Results
Trait- environment interactions: As expected, the four traits differed in their interaction with environmental variables to predict species distributions across the landscape (Krishnadas et al., 2018b), and trait-environment interactions differed between fragments and contiguous forest (Table 1). Interestingly, models with elevation alone explained similar extents of variation in trait-mediated abundances as models with multiple environmental predictors (Table S1). In contiguous forest, higher elevations had lower abundances of species with higher SLA and greater maximum height, wood density and seed size, with seed size showing the strongest interaction with elevation. Only seed size-elevation interaction differed between fragments and contiguous forest; fragments had larger-seeded species at higher elevations (Figure 1).
In contiguous forest, lower water deficit (less negative CWD) corresponded with increased abundance of shorter statured and smaller-seeded species, and these relationships did not change for fragments (Table 1). Although SLA did not interact with any environmental gradient to shape abundances in contiguous forest, in fragments, higher SLA species increased as water deficit decreased (lower CWD) and declined with higher values of climate axis 1, i.e., wetter, cooler sites. Larger values of climate axis 1 also associated with larger-seeded species in contiguous forest, with no change in fragments. However, in fragments, larger-seeded species declined with larger values of climate axis 2 (warmer sites) even though climate axis 2 did not influence trait-mediated abundances in contiguous forest. Trends remained similar with PCA axes, which explained similar variation in the data as individual traits (Table S1). Overall, trait-environment interactions at most explained ~16% of the variation in species abundances, with maximum height being the trait that best explained change in species abundance across climate gradients (Table 1). Except for the model with maximum height, random effects explained more variation than fixed effects (Table 1, see conditional vs. marginal R2).
RLQ and fourth-corner analysis: Only contiguous forest showed significant trait-environment linkages in driving compositional change—the first RLQ axis explained 76.4% and second axis 21.1% of the cross-variance in traits and environment (Figure 2a). In fragments, 88% of the cross-variance between traits and environment was explained by the model (Figure 2b), but results were not statistically significant after accounting for multiple comparisons. In contiguous forest, fourth-corner analysis revealed that trait-mediated structuring of communities across environmental gradients occurred along multiple pathways (Figure 3a). Trait axis R1 showed significant positive correlation with environmental axis Q1, which represented a trait syndrome defined by a combination of wood density, SLA and seed size. Correspondingly, sites defined by a combination of greater elevation, higher C:N ratio, and less negative CWD had significantly higher SLA and seed sizes (Figure 3b). Elevation showed a positive correlation with the syndrome represented by trait axis 1 representing phenotypes of smaller seeded, shorter, and thicker-leaved species (Figure 3c). Fourth corner analysis for fragments revealed no significant correlations between trait axes and broad-scale environmental axes, when corrected for multiple comparisons. Moreover, no individual trait showed significant correlation with any individual environmental variable in either fragments or contiguous forest.

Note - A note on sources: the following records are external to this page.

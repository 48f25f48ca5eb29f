//! The sending side of a rank.

ghost use Rattle.std.specs.Prelude.{◌≡◌, ◌+◌, ◌-◌, ◌<◌, ◌≤◌, ◌↔◌, ◌&&◌, ◌||◌, ℕ, true, false, not, None};
ghost use Rattle.std.specs.Prelude.{List, [], if◌then◌else◌, length, min, slice_get, IfOk, IfSome};
ghost use Rattle.std.specs.Prelude.{IsSome, IsSomeAnd, IsNone, MatchOption, OnOk, OnErr, option_map};
ghost use Rattle.std.specs.List.{AllByRecursion};
ghost use Rattle.nm_types.specs.declared.limits.TheConstants.{MAX_BODY, MAX_EAGER, MAX_PACKETS};
ghost use Rattle.nm_types.specs.declared.limits.TheConstants.{MAX_STAMP};
ghost use Rattle.nm_types.specs.Bodies.{body_len};
ghost use Rattle.nm_history.specs.declared.events.Event.{Event};
ghost use Rattle.nm_history.specs.Completion.{is_complete as is_complete_lem, result_of};
ghost use Rattle.nm_history.specs.Completion.Request.{Sending as SendingRequest};
ghost use Rattle.nm_history.specs.Continues.{has};
ghost use Rattle.nm_history.specs.Delivery.{is_asked};
ghost use Rattle.nm_history.specs.Happens.{happened, is_recall, is_undone};
ghost use Rattle.nm_history.specs.Sends.{sends, is_ask};
ghost use Rattle.nm_history.specs.Rest.{EagerHaveLeft};
ghost use Rattle.nm_rndv.specs.Offers.{AllOut, next_offered, offered};
ghost use Rattle.nm_sending.specs.Letters.{packets_for};
ghost use Rattle.nm_sending.specs.Outboxes.{popped_to, put_to};
ghost use Rattle.nm_sending.specs.declared.TheConstants.{MAX_MESSAGES};
ghost use Rattle.nm_sending.specs.Calls.{AnswersRecall, ClearsMessage, HasRoomFor, PopsFirstPacket};
ghost use Rattle.nm_sending.specs.Calls.{PopsNextPiece, RecallsMessage, SameButRoom, SendsMessage};
ghost use Rattle.nm_sending.specs.Calls.{SentNothing, sent_as};
ghost use Rattle.nm_sending.specs.Departures.{cleared_to, departures_to, pushed_to};
ghost use Rattle.nm_sending.specs.Rows.{gone};
ghost use Rattle.nm_sending.specs.Sent.{AreSent, MayBeAnswered, MayBeCleared, MayBeRecalled};
ghost use Rattle.nm_sending.specs.Sent.{Puts, only_to};

use crate::MAX_MESSAGES;
use crate::outbox::Outbox;
use crate::putting::{Heading, put_bare, put_message};
use crate::tables::Table;
use nm_rndv::Offers;
use nm_types::{Answer, Body, How, MAX_PACKETS, Memory, Packet, Piece, What};
use std::alloc::Global;
use std::marker::Model;

/// The messages that a rank sent, to all ranks.
pub struct Sending {
    me: u8,
    ranks: u8,
    outbox: Outbox,
    offers: Offers,
    departures: Table,
    // by destination
    pushed: Vec<u64>,
    // how many messages have not left
    staying: u64,
}

impl Drop for Sending {
    fn drop(self) {
        let Sending {
            me: _,
            ranks: _,
            outbox: _,
            offers: _,
            departures: _,
            pushed: _,
            staying: _,
        } = self;
    }
}

impl Model for Sending {
    ghost use Rattle.nm_sending.specs.Departures.{SendingView};
    ghost use Rattle.nm_sending.specs.Tables.{TablesAgree};

    ghost Value = { SendingView };

    ghost view = { λ s.
        record {
          outbox = s.outbox;
          offers = s.offers;
          departures = s.departures.rows;
          pushed = s.pushed.items;
          staying = s.staying;
        } };

    ghost invariant = { λ s.
        TablesAgree s.me s.ranks
        (record {
          outbox = s.outbox;
          offers = s.offers;
          departures = s.departures.rows;
          pushed = s.pushed.items;
          staying = s.staying;
        }) };
}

Trait covariance: All coefficients for the models of trait covariance are provided in Table S3. In fragments, WD-SS covariance showed a significant negative correlation with CWD, while this relationship was not statistically significant in contiguous forest (Figure 4a). SS-MH covariance decreased in wetter, warmer sites (higher values of climate axes 1 and 2), and increased with greater C:N ratio in contiguous forest (Figure 4b, 4c). In fragments, the relationship with both climate axes reversed. SS-MH covariance increased with greater variance in seed size in contiguous forest, with no significant change in this relationship within fragments. In contiguous forest, SLA-WD covariance decreased with declining climatic water deficit and increasing soil CN ratio.
SLA-WD covariance had positive and negative correlations respectively with multi-trait functional dispersion (FDis) and variance in SLA, both correlations changed sign in fragments (Figure 5, a-c). SLA-MH covariance did not correlate with any predictor. SLA-SS covariance decreased with larger variance in SLA in contiguous forest, and this remained similar in fragments (Figure 5d). WD-MH covariance in contiguous forest was only correlated with biotic variables: decreasing with greater FDis and increasing with greater variance of both traits (Figure 5, g-i). Only the correlation with MH variance changed in fragments, becoming strongly negative. Unlike for trait-mediated abundances, elevation alone did not explain trait covariance as well as multiple climate variables together (Table S4).